Iraq’s oil ministry is planning a third hydrocarbon licensing auction to develop three gas fields, Akkas, Mansuriyah and Siba, by the end of 2010.
Out of the 44 international companies pre-qualified for Iraq’s first and second bid rounds, only 15 will be invited to submit bids for the three fields, Abdul Mahdy al-Ameedi, director general of the oil ministry’s petroleum contracts and licensing directorate told Dow Jones Newswires.
Two of the fields, Akkas and Mansuriyah were included in the first bid round in June 2009. The 3.3 trillion cubic feet (tcf) Mansuriyah field in the western desert received no bids, while the 2.1 tcf Akkas field close to the border with Syria received only one, from a consortium led by Italy’s Edison. Following the auction, the oil ministry later announced that it would develop the fields on its own (MEED 6:8:09).

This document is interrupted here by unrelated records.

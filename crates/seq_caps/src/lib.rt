//! The calls on capabilities in the plain kernel: `look`, `copy`, `remove`, `make` in its seven kinds, `grow`, `shrink`.
//!
//! **What a step is.** `step` carries out the call alone: its reply, and the change that it makes. Entering and leaving the
//! call, the limit on calls and their count are the same for all calls, and no part of it.
//!
//! **Exact.** `step` speaks of the state that the kernel's maps stand for. The reply is that of the definitions, the first
//! cause in order; the kernel then represents the definitions' next state, which of a refused call is the state itself. So it
//! needs to know nothing of the states that were reached: that a reached state which the kernel represents gives the same
//! reply and change is a law of the definitions, for all calls at once, in a crate above.
//!
//! **Ranges.** A `make` takes a frame of a range and an epoch of a liveness number. Both have a word's range where the range
//! ends within the machine's frames and the epochs within their limit (`IsInRange`), as in every reached state. Of any other
//! state the contract says nothing, and asks for nothing.
//!
//! See docs/MODEL.md, 'A call is a rule'.
#![tactic(auto)]

mod carrying;
mod frames;
mod one;
mod own_causes;

pub use call_plans;
pub use carrying::carry_out;
pub use one::step;
pub use own_causes::causes;
pub use seq_lookups;
pub use seq_lookups::spk_nums;
pub use seq_plans;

However, the ministry did award an $80.5m engineering, procurement and supply contract to India’s BGR Energy Systems for both fields. According to the BGR, both fields have a target production of 110 million cubic feet a day.
The 0.1 tcf Siba field was initially included in the second bid round in December 2009, but was dropped from the final list before it took place.
According to the UK’s BP, at the end of 2008 Iraq’s proven gas reserves stood at 111.9 tcf, the tenth largest reserves in the world, 70 per cent of which lie in the Basra region in the south of the country. Baghdad plans to increase natural gas production to 2.5 tcf a year under its 10-year strategic plan launched in 2008. In 2006, the country produced 100 billion cubic feet a year.